Keyword    ::= binding | do | else | ERR | FALSE | files | foreach 
            | from | function | if | in | import | list | return
            | then | type | TRUE | value

Whitespace ::= ` ' | Tab | Newline

Comment    ::= // NonNewlineChar* Newline
            |  `/*' CommentBody `*/'

We define Newline as an ASCII new line sequence, either CR, LF, or CRLF. NonNewlineChar is any ASCII character other than CR and LF. CommentBody is any sequence of ASCII characters that does not contain `*/'. Tab is the ASCII TAB character.

The ambiguities in the token grammar are resolved as follows. The tokenizer interprets the program as a TokenSeq. It scans from left to right, repeatedly matching the longest possible Token beginning with the next unmatched character. Whitespace and Comment tokens are discarded after matching; other tokens are passed on for parsing by the main grammar. When a string of characters matches both Integer and Id, it is tokenized as Integer. When a string matches both Keyword and Id, it is tokenized as Keyword.

4.4 Reserved Identifiers

Here are Vesta-2's reserved identifiers; they should not be redefined:

  _append _bind1 _defined _div _elem _find _findr
  _head _is_binding _is_bool _is_closure _is_err
  _is_int _is_list _is_text _length _list1 _lookup
  _map _max _min _mod _n _run_tool _same_type _sub
  _tail _type_of _v

5. Acknowledgments

Bill McKeeman encouraged us to revise the syntax of the language to make it more palatable to C programmers. Mark Lillibridge gave us many useful comments on an earlier draft of the paper.

6. References

[1] Allan Heydon, Roy Levin, Tim Mann, and Yuan Yu. The Vesta-2 Software Configuration Management System, Research Report, Digital Systems Research Center. In preparation.

[2] Roy Levin and Paul R. McJones. The Vesta Approach to Precise Configuration of Large Software Systems, Research Report 105, Digital Systems Research Center. June 1993. 39 pgs.

[3] Sheng-Yang Chiu and Roy Levin. The Vesta Repository: A File System Extension for Software Development, Research Report 106, Digital Systems Research Center. June 1993. 34 pgs.

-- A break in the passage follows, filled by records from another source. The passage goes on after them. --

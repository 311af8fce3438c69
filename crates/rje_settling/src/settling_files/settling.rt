//! What is done by a receipt of the other end's.

use super::SettlingFiles;
use crate::filing::FiledJob;
use crate::settling_fault::SettlingFault;
use rje_folder::FolderDisk;
use rje_settle::{Promise, Receipt, Verdict};
use rje_spool::{RefusedFile, SettlingNotice};
use std::io::Write;
use std::time::Clock;

/// What is told of the place of a file that somebody has taken away.
const NO_FILE: &str = "no file";

/// The name in a path.
fn file_name(path: &str) -> &str {
    match path.rsplit_once('/') {
        Some((_, name)) => name,
        None => path,
    }
}

impl<D: FolderDisk + Drop, C: Clock, W: Write, L: Write> SettlingFiles<D, C, W, L> {
    /// A receipt of the other end's came: what is promised is settled by it, if it agrees.
    pub(crate) fn take_receipt(&mut self, receipt: Receipt) -> Result<(), SettlingFault> {
        let verdict = self.accounts.verdict(receipt);
        match verdict {
            Verdict::BeginsToCount => self.begin_to_count(receipt)?,
            Verdict::Agrees { came } => self.settle_by(receipt, came)?,
            // (told already, when the accounts were read)
            Verdict::DoesNotAgree if !self.accounts.is_in_order() => {}
            Verdict::DoesNotAgree => {
                let sent = self.accounts.sent();
                self.tell_of(SettlingNotice::DoesNotAgree {
                    kept: receipt.kept,
                    sent,
                });
            }
        }
        self.accounts.receive(receipt);
        self.connection.receipt_came(verdict);
        Ok(())
    }

    /// From now on the other end's jobs are counted from this receipt.
    fn begin_to_count(&mut self, receipt: Receipt) -> Result<(), SettlingFault> {
        self.accounts.note(receipt)?;
        self.tell_of(SettlingNotice::Begins(receipt.kept));
        Ok(())
    }

    /// So many of the promised jobs came by this receipt: those are sent, the first one first, and the others lie ready again, the last one first.
    fn settle_by(&mut self, receipt: Receipt, came: usize) -> Result<(), SettlingFault> {
        if came > 0 {
            self.accounts.note(receipt)?;
            self.attempts.forget();
        }
        if !self.has_told {
            self.has_told = true;
            self.tell_of(SettlingNotice::Agrees(receipt.kept));
        }
        for place in 0..came {
            self.settle_as_sent(place)?;
        }
        // (only then, since a further job of that file may have lain before it)
        match self.settle_rest_as_ready(came)? {
            Some(filed) => self.refuse_filed(&filed),
            None => Ok(()),
        }
    }

    /// The promised jobs from this place on haven't come. The file of one that was sent too often, if one was.
    fn settle_rest_as_ready(&mut self, from: usize) -> Result<Option<FiledJob>, SettlingFault> {
        let mut too_often = None;
        for place in (from..self.accounts.promises()).rev() {
            if let Some(filed) = self.settle_as_ready(place)? {
                too_often = Some(filed);
            }
        }
        Ok(too_often)
    }

    /// The promised job of this place came.
    fn settle_as_sent(&mut self, place: usize) -> Result<(), SettlingFault> {
        let Some(promise) = self.accounts.promise_at(place) else {
            return Ok(());
        };
        if self.accounts.is_filed(promise) {
            return self.accounts.drop_promise(promise);
        }
        self.spool.look_anew();
        match self.accounts.file_sent(promise, &mut self.spool) {
            Ok(filed) => {
                self.tell_came(&filed);
                self.accounts.drop_promise(promise)
            }
            Err(SettlingFault::OutOfMemory) => Err(SettlingFault::OutOfMemory),
            // (its promise stays, and it is tried again when the accounts are read)
            Err(fault) => {
                self.accounts.leave(promise, &fault, &mut self.spool);
                Ok(())
            }
        }
    }

    /// Tells that a promised job came, whose file is dealt with so, unless it was told as sent already.
    fn tell_came(&mut self, filed: &FiledJob) {
        let path = filed.path.as_deref().unwrap_or(NO_FILE);
        if filed.is_changed {
            self.tell_of(SettlingNotice::CameChanged(path));
        } else if !filed.was_sent {
            self.tell_of(SettlingNotice::Came(path));
        }
    }

    /// The promised job of this place hasn't come. Its file, if it was sent too often.
    fn settle_as_ready(&mut self, place: usize) -> Result<Option<FiledJob>, SettlingFault> {
        let Some(promise) = self.accounts.promise_at(place) else {
            return Ok(None);
        };
        let was_counted = self.accounts.was_counted(promise);
        let filed = match self.accounts.file_ready(promise) {
            Ok(filed) => filed,
            Err(fault) if self.failures.may_pass(&fault) => return Err(fault),
            // (its number is the next job's, so its promise doesn't stay)
            Err(fault) => {
                self.tell_not_ready(promise, &fault);
                self.accounts.drop_promise(promise)?;
                return Ok(None);
            }
        };
        self.failures.forget();
        self.accounts.drop_promise(promise)?;
        let path = filed.path.as_deref().unwrap_or(NO_FILE);
        self.spool.lies_ready(file_name(path));
        if was_counted || filed.was_sent {
            self.tell_of(SettlingNotice::CountedInVain(path));
            return Ok(None);
        }
        self.tell_of(SettlingNotice::HasNotCome(path));
        // (one that didn't go out, since a file of the station's own couldn't be written, isn't the other end's to keep)
        if self.unsaid.take() == Some(promise.receipt.kept) {
            return Ok(None);
        }
        if self.attempts.are_too_many(filed.file, promise.place) {
            self.attempts.forget();
            return Ok(Some(filed));
        }
        Ok(None)
    }

    /// Tells that the job of a promise hasn't come, and that its file can't be made ready.
    fn tell_not_ready(&mut self, promise: Promise, why: &SettlingFault) {
        let path = self.accounts.path_of(promise);
        if let Ok(why) = format!(in self.alloc; "{why}") {
            self.tell_of(SettlingNotice::NotReady(
                path.as_deref().unwrap_or(NO_FILE),
                why.as_str(),
            ));
        }
    }

    /// Puts a file of out/ aside whose job the other end doesn't keep.
    fn refuse_filed(&mut self, filed: &FiledJob) -> Result<(), SettlingFault> {
        let Some(path) = &filed.path else {
            return Ok(());
        };
        let file = self.accounts.identity(path.as_str())?;
        let name = String::from_str(self.alloc, file_name(path.as_str()))?;
        self.spool.refuse(name, file, RefusedFile::NotKept)?;
        Ok(())
    }
}
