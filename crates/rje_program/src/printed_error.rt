//! What clap says of words that it doesn't take, as a message prints it.

use clap::Error;
use rje_names::printed;
use std::fmt::{self, Display, Formatter, Write};

/// What clap says of words that it doesn't take: its lines as they are, and for each other character that a message doesn't print a question mark.
#[derive(Drop)]
pub(crate) struct PrintedError<'a>(pub(crate) &'a Error);

impl Display for PrintedError<'_> {
    fn fmt<W: Write>(&self, f: &mut Formatter<W>) -> fmt::Result {
        let mut lines = PrintedLines(f);
        write!(&mut lines, "{}", self.0)
    }
}

/// Takes the lines of a message, and prints them into this.
#[derive(Drop)]
struct PrintedLines<'a, W: Write>(&'a mut Formatter<W>);

impl<W: Write> Write for PrintedLines<'_, W> {
    fn write_str(&mut self, text: &str) -> fmt::Result {
        for character in text.chars() {
            let shown = if character == '\n' {
                character
            } else {
                printed(character)
            };
            self.0.write_char(shown)?;
        }
        Ok(())
    }
}
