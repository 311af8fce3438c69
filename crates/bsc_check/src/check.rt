//! The check of a list of bytes (GA27-3004, CRC-16).
ghost use Rattle.std.specs.Prelude.{◌≡◌, ℕ, List, [], ◌∷◌, ◌++◌};
ghost use Rattle.bsc_check.specs.Check.{check_of, IsCheckOf};

use crate::table::next_register;
use crate::tables::register_after_all;
use std::marker::Model;

/// The check of the bytes that were added so far: what is left of them as a polynomial, divided by x^16 + x^15 + x^2 + 1.
#[derive(Clone, Copy)]
pub struct Check {
    // the remainder so far, its highest coefficient in the low bit
    register: u16,
}

impl Model for Check {
    ghost use Rattle.std.specs.Prelude.{ℕ};

    ghost Value = { ℕ };

    ghost view = { λ c. c.register };

    ghost inverse = { λ n. record { register = n } };
}

impl Check {
    /// The check of no bytes.
    #[tactic(auto, unfolding(crate::specs::Check::check_of))]
    pub fn new() -> Self
        ensures { IsCheckOf result [] }
    {
        Check { register: 0 }
    }

    /// Adds one byte.
    #[tactic(auto, using(crate::proofs::Shifts::one_byte_more))]
    pub fn add(&mut self, byte: u8)
        ensures { (bytes : List ℕ) → IsCheckOf self.old bytes
            → IsCheckOf self.new (bytes ++ byte ∷ []) }
    {
        self.register = next_register(self.register, byte);
    }

    /// Adds each byte, in order.
    #[tactic(auto, using(crate::proofs::Shifts::bytes_more))]
    pub fn add_all(&mut self, bytes: &[u8])
        ensures { (before : List ℕ) → IsCheckOf self.old before
            → IsCheckOf self.new (before ++ bytes.now) }
    {
        self.register = register_after_all(self.register, bytes);
    }

    /// The two bytes of the check in the order of the line, the low-order byte first.
    pub fn bytes(&self) -> [u8; 2]
        ensures { (bytes : List ℕ) → IsCheckOf self.now bytes → result ≡ check_of bytes }
    {
        self.register.to_le_bytes()
    }
}
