//! What the check's definition promises beyond the calls.
ghost use Rattle.bsc_check.specs.Laws.{OneRemainder};

/// Long division by the generator leaves a remainder, and there is no other.
pub fn one_remainder()
    ensures { OneRemainder }
{}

[4] Christine B. Hanna and Roy Levin. The Vesta Language for Configuration Management, Research Report 107, Digital Systems Research Center. June 1993. 62 pgs.

[5] Mark R. Brown and John R. Ellis. Bridges: Tools to Extend the Vesta Configuration Management System, Research Report 108, Digital Systems Research Center. June 1993. 43 pgs.